In the material below, find each line that contains the word "Global" and copy it.

______________________________

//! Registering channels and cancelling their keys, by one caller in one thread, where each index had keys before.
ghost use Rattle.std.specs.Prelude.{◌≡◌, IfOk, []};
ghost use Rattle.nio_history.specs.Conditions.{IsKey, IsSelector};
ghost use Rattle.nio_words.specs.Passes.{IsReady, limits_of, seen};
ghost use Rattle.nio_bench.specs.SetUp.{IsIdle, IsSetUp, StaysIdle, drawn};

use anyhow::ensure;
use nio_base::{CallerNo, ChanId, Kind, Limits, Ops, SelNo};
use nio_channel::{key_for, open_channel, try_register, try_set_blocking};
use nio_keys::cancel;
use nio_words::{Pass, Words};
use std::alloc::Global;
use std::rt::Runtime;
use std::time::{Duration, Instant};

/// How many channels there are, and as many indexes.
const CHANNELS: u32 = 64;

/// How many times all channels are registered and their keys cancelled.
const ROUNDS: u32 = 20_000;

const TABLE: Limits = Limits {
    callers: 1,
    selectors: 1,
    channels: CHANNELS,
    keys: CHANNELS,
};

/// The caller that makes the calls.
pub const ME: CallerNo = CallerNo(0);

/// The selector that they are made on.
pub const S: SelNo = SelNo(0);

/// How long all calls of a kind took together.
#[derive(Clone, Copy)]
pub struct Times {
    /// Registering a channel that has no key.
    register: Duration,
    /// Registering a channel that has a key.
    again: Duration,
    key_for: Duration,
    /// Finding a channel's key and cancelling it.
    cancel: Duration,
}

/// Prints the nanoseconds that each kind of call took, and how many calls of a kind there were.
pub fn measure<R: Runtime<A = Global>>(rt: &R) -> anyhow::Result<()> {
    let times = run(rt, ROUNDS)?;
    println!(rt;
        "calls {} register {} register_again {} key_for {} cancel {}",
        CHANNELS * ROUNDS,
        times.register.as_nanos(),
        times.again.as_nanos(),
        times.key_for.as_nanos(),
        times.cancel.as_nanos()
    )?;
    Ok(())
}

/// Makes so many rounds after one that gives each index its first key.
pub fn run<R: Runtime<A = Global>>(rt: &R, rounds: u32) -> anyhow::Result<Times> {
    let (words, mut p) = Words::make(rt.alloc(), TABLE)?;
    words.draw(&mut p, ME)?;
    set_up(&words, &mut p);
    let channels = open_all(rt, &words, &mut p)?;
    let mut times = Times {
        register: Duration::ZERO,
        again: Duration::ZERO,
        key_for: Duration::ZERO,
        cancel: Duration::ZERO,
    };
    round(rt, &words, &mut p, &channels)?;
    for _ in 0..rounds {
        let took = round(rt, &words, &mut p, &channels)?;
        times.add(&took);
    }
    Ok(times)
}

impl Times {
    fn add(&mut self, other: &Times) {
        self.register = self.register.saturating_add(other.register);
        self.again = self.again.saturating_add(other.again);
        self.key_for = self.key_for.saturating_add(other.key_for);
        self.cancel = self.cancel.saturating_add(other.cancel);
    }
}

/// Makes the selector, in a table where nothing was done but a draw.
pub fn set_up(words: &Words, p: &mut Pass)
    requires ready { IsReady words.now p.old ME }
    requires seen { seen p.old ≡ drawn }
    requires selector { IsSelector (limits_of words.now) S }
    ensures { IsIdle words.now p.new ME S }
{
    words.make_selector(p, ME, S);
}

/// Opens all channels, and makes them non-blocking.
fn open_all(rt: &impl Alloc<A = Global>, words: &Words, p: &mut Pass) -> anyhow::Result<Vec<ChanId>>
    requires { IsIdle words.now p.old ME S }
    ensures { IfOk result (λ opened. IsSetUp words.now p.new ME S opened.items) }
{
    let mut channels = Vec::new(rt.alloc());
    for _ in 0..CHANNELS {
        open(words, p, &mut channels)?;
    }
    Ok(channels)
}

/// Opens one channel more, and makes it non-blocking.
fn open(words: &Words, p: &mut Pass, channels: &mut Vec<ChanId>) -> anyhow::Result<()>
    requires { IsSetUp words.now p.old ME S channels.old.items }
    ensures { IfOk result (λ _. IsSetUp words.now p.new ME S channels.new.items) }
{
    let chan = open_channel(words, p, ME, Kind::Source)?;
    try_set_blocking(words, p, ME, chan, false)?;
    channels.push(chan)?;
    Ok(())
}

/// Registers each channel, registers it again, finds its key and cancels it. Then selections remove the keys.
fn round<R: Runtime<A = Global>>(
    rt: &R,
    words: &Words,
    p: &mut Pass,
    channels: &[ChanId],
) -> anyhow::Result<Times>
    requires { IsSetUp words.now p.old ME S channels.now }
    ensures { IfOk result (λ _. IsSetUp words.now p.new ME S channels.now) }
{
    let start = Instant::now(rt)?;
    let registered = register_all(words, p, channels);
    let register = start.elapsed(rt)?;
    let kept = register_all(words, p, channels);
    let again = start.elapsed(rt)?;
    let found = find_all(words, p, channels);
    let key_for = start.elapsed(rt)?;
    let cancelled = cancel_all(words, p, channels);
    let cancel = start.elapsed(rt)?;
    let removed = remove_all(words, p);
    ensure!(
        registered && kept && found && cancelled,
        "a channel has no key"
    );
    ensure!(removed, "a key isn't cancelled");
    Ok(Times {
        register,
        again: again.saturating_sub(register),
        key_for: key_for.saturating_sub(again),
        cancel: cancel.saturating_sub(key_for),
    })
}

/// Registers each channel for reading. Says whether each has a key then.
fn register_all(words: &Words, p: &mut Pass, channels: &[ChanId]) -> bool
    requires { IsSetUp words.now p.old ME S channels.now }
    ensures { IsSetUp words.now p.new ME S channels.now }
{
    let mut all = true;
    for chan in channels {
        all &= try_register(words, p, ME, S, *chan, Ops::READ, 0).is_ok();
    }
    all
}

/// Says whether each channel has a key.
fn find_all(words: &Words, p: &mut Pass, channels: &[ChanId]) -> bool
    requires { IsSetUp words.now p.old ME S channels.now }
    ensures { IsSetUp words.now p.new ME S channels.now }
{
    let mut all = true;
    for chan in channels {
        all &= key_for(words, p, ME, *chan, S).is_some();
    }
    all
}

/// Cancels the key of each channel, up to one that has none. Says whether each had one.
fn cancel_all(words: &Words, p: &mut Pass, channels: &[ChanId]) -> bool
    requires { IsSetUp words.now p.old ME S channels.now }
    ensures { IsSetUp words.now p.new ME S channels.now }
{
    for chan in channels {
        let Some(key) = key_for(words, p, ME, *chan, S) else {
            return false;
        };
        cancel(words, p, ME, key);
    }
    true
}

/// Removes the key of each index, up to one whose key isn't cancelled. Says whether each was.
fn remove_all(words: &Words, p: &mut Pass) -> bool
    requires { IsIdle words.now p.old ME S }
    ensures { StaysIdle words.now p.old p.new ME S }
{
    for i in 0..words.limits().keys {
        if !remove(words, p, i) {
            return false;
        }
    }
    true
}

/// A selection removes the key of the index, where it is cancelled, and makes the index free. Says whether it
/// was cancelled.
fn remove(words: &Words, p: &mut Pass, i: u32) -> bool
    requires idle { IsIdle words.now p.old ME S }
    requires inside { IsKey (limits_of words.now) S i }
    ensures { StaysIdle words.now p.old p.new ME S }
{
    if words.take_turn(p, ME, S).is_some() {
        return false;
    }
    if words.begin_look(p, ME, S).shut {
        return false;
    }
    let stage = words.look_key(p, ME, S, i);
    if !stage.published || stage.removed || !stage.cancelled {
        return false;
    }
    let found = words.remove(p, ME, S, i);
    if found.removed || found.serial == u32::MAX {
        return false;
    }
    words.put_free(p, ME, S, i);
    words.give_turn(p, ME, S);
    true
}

______________________________

ANSWER SPACE.
use std::alloc::Global;
pub fn measure<R: Runtime<A = Global>>(rt: &R) -> anyhow::Result<()> {
pub fn run<R: Runtime<A = Global>>(rt: &R, rounds: u32) -> anyhow::Result<Times> {
fn open_all(rt: &impl Alloc<A = Global>, words: &Words, p: &mut Pass) -> anyhow::Result<Vec<ChanId>>
fn round<R: Runtime<A = Global>>(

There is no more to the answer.